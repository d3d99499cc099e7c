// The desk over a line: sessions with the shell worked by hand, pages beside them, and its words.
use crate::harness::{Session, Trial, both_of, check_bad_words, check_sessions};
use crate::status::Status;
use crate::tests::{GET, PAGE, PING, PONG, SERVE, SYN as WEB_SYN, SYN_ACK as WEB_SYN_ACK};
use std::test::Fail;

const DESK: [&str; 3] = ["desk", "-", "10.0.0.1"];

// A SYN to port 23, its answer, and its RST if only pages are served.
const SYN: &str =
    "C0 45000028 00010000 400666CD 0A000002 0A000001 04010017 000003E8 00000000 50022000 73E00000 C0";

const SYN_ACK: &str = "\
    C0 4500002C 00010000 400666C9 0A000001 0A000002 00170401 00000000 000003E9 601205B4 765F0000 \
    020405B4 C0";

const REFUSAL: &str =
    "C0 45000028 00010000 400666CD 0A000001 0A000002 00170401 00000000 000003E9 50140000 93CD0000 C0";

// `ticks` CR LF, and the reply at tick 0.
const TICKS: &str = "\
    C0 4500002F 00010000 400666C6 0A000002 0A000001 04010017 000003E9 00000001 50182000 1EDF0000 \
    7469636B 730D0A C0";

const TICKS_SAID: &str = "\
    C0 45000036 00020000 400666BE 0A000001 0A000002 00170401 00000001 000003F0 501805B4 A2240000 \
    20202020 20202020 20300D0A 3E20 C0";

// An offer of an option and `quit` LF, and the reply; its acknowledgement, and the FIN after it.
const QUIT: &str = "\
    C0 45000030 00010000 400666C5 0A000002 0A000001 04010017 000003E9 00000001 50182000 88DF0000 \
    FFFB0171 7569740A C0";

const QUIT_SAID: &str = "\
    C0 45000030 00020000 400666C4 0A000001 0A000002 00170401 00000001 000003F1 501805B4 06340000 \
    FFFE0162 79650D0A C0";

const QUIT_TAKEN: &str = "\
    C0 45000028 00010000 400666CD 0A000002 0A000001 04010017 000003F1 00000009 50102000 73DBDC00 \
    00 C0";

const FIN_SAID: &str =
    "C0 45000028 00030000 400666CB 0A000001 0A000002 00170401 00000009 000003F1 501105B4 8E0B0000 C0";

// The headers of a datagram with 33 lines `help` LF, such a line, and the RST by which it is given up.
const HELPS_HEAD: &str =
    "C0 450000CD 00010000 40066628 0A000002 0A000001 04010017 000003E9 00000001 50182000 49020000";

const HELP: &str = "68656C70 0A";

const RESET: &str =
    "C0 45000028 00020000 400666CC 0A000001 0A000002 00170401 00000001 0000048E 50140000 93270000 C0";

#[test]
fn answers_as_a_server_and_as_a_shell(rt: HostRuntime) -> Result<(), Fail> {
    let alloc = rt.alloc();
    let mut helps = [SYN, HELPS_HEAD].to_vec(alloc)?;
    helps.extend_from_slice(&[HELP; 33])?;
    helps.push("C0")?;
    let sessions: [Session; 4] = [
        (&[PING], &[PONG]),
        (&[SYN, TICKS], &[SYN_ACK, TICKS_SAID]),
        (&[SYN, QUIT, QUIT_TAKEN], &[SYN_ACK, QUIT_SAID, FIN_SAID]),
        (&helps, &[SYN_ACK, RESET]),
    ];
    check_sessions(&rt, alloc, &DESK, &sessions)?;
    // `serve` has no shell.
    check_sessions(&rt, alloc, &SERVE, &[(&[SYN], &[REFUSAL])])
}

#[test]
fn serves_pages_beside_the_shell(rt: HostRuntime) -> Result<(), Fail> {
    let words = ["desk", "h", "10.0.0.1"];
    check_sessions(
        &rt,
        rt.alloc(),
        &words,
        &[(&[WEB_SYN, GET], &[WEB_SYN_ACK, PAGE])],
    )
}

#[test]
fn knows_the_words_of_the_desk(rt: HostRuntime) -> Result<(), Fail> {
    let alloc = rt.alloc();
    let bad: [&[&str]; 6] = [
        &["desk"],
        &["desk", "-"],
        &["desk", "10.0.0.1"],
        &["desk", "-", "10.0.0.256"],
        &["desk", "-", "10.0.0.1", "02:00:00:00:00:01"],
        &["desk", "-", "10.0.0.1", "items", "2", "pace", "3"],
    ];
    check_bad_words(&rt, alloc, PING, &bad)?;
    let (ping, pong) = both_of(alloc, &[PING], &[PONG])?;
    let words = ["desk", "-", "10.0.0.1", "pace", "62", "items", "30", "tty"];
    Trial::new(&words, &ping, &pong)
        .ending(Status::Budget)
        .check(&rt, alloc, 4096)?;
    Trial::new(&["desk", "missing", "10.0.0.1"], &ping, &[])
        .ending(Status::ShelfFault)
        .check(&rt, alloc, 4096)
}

===

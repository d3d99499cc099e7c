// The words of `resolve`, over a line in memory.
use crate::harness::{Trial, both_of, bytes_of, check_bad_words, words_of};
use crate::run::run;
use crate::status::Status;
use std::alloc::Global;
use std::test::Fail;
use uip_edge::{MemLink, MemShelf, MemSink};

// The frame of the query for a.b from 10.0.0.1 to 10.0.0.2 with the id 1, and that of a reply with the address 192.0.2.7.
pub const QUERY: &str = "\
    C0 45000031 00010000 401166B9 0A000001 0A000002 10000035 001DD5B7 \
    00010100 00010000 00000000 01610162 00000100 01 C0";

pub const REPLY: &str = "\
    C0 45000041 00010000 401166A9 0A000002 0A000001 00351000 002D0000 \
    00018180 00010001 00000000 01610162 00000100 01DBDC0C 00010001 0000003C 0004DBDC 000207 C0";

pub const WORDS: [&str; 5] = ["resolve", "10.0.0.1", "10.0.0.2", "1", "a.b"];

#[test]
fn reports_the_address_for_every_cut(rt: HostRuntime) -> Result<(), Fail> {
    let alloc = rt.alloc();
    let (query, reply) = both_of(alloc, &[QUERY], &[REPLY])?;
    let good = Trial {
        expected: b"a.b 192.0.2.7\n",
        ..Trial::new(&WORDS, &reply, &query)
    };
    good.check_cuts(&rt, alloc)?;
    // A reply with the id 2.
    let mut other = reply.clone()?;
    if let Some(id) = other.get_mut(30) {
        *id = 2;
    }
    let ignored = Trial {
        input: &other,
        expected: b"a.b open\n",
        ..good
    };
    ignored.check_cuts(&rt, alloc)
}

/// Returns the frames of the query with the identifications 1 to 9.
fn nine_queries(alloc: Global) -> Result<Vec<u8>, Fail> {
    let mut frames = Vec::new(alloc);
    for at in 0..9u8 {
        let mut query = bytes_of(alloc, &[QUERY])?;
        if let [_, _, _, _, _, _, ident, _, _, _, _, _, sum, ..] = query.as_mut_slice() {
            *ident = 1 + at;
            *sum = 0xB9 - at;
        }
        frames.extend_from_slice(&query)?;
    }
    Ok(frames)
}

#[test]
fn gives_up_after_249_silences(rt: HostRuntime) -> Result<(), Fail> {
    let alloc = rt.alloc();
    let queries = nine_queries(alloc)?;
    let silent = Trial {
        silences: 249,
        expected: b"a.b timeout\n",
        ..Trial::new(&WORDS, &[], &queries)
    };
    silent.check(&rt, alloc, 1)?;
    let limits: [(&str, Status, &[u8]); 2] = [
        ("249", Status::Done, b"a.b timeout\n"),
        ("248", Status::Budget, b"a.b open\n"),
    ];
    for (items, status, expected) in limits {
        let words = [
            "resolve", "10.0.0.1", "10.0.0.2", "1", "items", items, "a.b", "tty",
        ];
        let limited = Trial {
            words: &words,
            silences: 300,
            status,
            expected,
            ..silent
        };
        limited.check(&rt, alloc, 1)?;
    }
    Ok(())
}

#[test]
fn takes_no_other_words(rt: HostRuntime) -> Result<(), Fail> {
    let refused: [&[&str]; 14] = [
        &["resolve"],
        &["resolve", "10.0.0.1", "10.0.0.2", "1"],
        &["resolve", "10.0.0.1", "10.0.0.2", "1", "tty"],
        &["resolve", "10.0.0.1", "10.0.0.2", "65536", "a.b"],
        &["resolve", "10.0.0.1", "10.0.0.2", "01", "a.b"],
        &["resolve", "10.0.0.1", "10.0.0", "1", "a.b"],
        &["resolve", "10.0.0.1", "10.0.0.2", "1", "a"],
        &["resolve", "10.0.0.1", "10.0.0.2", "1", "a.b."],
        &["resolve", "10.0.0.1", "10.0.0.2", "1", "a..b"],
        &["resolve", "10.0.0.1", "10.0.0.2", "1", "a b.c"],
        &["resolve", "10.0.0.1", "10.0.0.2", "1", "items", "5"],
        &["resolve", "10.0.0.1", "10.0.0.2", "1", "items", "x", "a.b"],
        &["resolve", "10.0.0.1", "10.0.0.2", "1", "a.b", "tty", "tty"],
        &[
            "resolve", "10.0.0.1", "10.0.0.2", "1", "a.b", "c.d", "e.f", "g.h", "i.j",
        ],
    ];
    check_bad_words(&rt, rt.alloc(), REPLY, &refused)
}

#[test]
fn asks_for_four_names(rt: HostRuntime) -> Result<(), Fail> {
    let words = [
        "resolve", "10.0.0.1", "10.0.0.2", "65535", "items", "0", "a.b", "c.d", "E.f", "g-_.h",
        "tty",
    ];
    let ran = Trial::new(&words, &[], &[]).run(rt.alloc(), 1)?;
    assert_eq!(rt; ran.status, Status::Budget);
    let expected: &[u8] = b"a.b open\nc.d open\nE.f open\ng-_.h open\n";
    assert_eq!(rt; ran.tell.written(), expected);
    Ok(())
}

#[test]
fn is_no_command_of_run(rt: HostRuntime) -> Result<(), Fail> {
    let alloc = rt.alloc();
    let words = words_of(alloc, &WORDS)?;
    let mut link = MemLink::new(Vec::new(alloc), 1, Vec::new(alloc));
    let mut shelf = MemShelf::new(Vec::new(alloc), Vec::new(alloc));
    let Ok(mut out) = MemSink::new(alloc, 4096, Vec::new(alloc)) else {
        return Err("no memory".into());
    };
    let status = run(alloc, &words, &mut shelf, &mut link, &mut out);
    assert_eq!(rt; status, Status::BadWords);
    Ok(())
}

===

=== Description of the task ===
Answer with a number only. How many lines in the records include the word "harness"?

=== The completed task ===
2